| Work to be completed |
Copy each line below in which the word "layouts" occurs.

| Supplied records |
##############################

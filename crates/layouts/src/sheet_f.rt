ghost use Rattle.format.specs.Layout.{sheet_f};
ghost use Rattle.layouts.specs.Lies.{lie_sheet_f};

use super::{Form, Layout, Span, TableColumn, column};

// Sheet f: three times (A4, A4, I5, I1, I4, I4), 18X.
#[derive(Clone, Copy)]
pub struct SheetF {}

impl SheetF {
    pub const COURSE_1_WIDTH: usize = 4;

    pub const FLOWN_1_WIDTH: usize = 4;

    pub const SCALE_1_WIDTH: usize = 5;

    pub const PHOTOGRAPHS_1_WIDTH: usize = 1;

    pub const FIRST_PHOTOGRAPH_1_WIDTH: usize = 4;

    pub const LAST_PHOTOGRAPH_1_WIDTH: usize = 4;

    pub const COURSE_2_WIDTH: usize = 4;

    pub const FLOWN_2_WIDTH: usize = 4;

    pub const SCALE_2_WIDTH: usize = 5;

    pub const PHOTOGRAPHS_2_WIDTH: usize = 1;

    pub const FIRST_PHOTOGRAPH_2_WIDTH: usize = 4;

    pub const LAST_PHOTOGRAPH_2_WIDTH: usize = 4;

    pub const COURSE_3_WIDTH: usize = 4;

    pub const FLOWN_3_WIDTH: usize = 4;

    pub const SCALE_3_WIDTH: usize = 5;

    pub const PHOTOGRAPHS_3_WIDTH: usize = 1;

    pub const FIRST_PHOTOGRAPH_3_WIDTH: usize = 4;

    pub const LAST_PHOTOGRAPH_3_WIDTH: usize = 4;

    pub const BLANK_WIDTH: usize = 18;

    pub const COURSE_1_START: usize = 0;

    pub const FLOWN_1_START: usize = Self::COURSE_1_START + Self::COURSE_1_WIDTH;

    pub const SCALE_1_START: usize = Self::FLOWN_1_START + Self::FLOWN_1_WIDTH;

    pub const PHOTOGRAPHS_1_START: usize = Self::SCALE_1_START + Self::SCALE_1_WIDTH;

    pub const FIRST_PHOTOGRAPH_1_START: usize = Self::PHOTOGRAPHS_1_START
        + Self::PHOTOGRAPHS_1_WIDTH;

    pub const LAST_PHOTOGRAPH_1_START: usize = Self::FIRST_PHOTOGRAPH_1_START
        + Self::FIRST_PHOTOGRAPH_1_WIDTH;

    pub const COURSE_2_START: usize = Self::LAST_PHOTOGRAPH_1_START + Self::LAST_PHOTOGRAPH_1_WIDTH;

    pub const FLOWN_2_START: usize = Self::COURSE_2_START + Self::COURSE_2_WIDTH;

    pub const SCALE_2_START: usize = Self::FLOWN_2_START + Self::FLOWN_2_WIDTH;

    pub const PHOTOGRAPHS_2_START: usize = Self::SCALE_2_START + Self::SCALE_2_WIDTH;

    pub const FIRST_PHOTOGRAPH_2_START: usize = Self::PHOTOGRAPHS_2_START
        + Self::PHOTOGRAPHS_2_WIDTH;

    pub const LAST_PHOTOGRAPH_2_START: usize = Self::FIRST_PHOTOGRAPH_2_START
        + Self::FIRST_PHOTOGRAPH_2_WIDTH;

    pub const COURSE_3_START: usize = Self::LAST_PHOTOGRAPH_2_START + Self::LAST_PHOTOGRAPH_2_WIDTH;

    pub const FLOWN_3_START: usize = Self::COURSE_3_START + Self::COURSE_3_WIDTH;

    pub const SCALE_3_START: usize = Self::FLOWN_3_START + Self::FLOWN_3_WIDTH;

    pub const PHOTOGRAPHS_3_START: usize = Self::SCALE_3_START + Self::SCALE_3_WIDTH;

    pub const FIRST_PHOTOGRAPH_3_START: usize = Self::PHOTOGRAPHS_3_START
        + Self::PHOTOGRAPHS_3_WIDTH;

    pub const LAST_PHOTOGRAPH_3_START: usize = Self::FIRST_PHOTOGRAPH_3_START
        + Self::FIRST_PHOTOGRAPH_3_WIDTH;

    pub const BLANK_START: usize = Self::LAST_PHOTOGRAPH_3_START + Self::LAST_PHOTOGRAPH_3_WIDTH;

    pub const END: usize = Self::BLANK_START + Self::BLANK_WIDTH;
}

impl Layout for SheetF {
    ghost columns = { sheet_f };

    ghost lie = { lie_sheet_f };

    fn end() -> usize {
        Self::END
    }

    #[tactic(auto, unfolding(crate::specs::Tables::spans_of, format::specs::Layout::sheet_f))]
    fn spans() -> &'static [Span] {
        &[
            Span(Self::COURSE_1_START, Self::COURSE_1_WIDTH),
            Span(Self::FLOWN_1_START, Self::FLOWN_1_WIDTH),
            Span(Self::SCALE_1_START, Self::SCALE_1_WIDTH),
            Span(Self::PHOTOGRAPHS_1_START, Self::PHOTOGRAPHS_1_WIDTH),
            Span(
                Self::FIRST_PHOTOGRAPH_1_START,
                Self::FIRST_PHOTOGRAPH_1_WIDTH,
            ),
            Span(Self::LAST_PHOTOGRAPH_1_START, Self::LAST_PHOTOGRAPH_1_WIDTH),
            Span(Self::COURSE_2_START, Self::COURSE_2_WIDTH),
            Span(Self::FLOWN_2_START, Self::FLOWN_2_WIDTH),
            Span(Self::SCALE_2_START, Self::SCALE_2_WIDTH),
            Span(Self::PHOTOGRAPHS_2_START, Self::PHOTOGRAPHS_2_WIDTH),
            Span(
                Self::FIRST_PHOTOGRAPH_2_START,
                Self::FIRST_PHOTOGRAPH_2_WIDTH,
            ),
            Span(Self::LAST_PHOTOGRAPH_2_START, Self::LAST_PHOTOGRAPH_2_WIDTH),
            Span(Self::COURSE_3_START, Self::COURSE_3_WIDTH),
            Span(Self::FLOWN_3_START, Self::FLOWN_3_WIDTH),
            Span(Self::SCALE_3_START, Self::SCALE_3_WIDTH),
            Span(Self::PHOTOGRAPHS_3_START, Self::PHOTOGRAPHS_3_WIDTH),
            Span(
                Self::FIRST_PHOTOGRAPH_3_START,
                Self::FIRST_PHOTOGRAPH_3_WIDTH,
            ),
            Span(Self::LAST_PHOTOGRAPH_3_START, Self::LAST_PHOTOGRAPH_3_WIDTH),
            Span(Self::BLANK_START, Self::BLANK_WIDTH),
        ]
    }

    fn table() -> &'static [TableColumn] {
        &[
            column!(Self::SCALE_1_START, Self::SCALE_1_WIDTH => Integer, 0, 99999),
            column!(Self::PHOTOGRAPHS_1_START, Self::PHOTOGRAPHS_1_WIDTH => Integer, 0, 9),
            column!(Self::FIRST_PHOTOGRAPH_1_START, Self::FIRST_PHOTOGRAPH_1_WIDTH => Integer, 0, 9999),
            column!(Self::LAST_PHOTOGRAPH_1_START, Self::LAST_PHOTOGRAPH_1_WIDTH => Integer, 0, 9999),
            column!(Self::SCALE_2_START, Self::SCALE_2_WIDTH => Integer, 0, 99999),
            column!(Self::PHOTOGRAPHS_2_START, Self::PHOTOGRAPHS_2_WIDTH => Integer, 0, 9),
            column!(Self::FIRST_PHOTOGRAPH_2_START, Self::FIRST_PHOTOGRAPH_2_WIDTH => Integer, 0, 9999),
            column!(Self::LAST_PHOTOGRAPH_2_START, Self::LAST_PHOTOGRAPH_2_WIDTH => Integer, 0, 9999),
            column!(Self::SCALE_3_START, Self::SCALE_3_WIDTH => Integer, 0, 99999),
            column!(Self::PHOTOGRAPHS_3_START, Self::PHOTOGRAPHS_3_WIDTH => Integer, 0, 9),
            column!(Self::FIRST_PHOTOGRAPH_3_START, Self::FIRST_PHOTOGRAPH_3_WIDTH => Integer, 0, 9999),
            column!(Self::LAST_PHOTOGRAPH_3_START, Self::LAST_PHOTOGRAPH_3_WIDTH => Integer, 0, 9999),
            column!(Self::BLANK_START, Self::BLANK_WIDTH => Blank, 0, 0),
        ]
    }
}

##############################

| Exercise answer |
filename crates/layouts/src/sheet_f.rt
ghost use Rattle.layouts.specs.Lies.{lie_sheet_f};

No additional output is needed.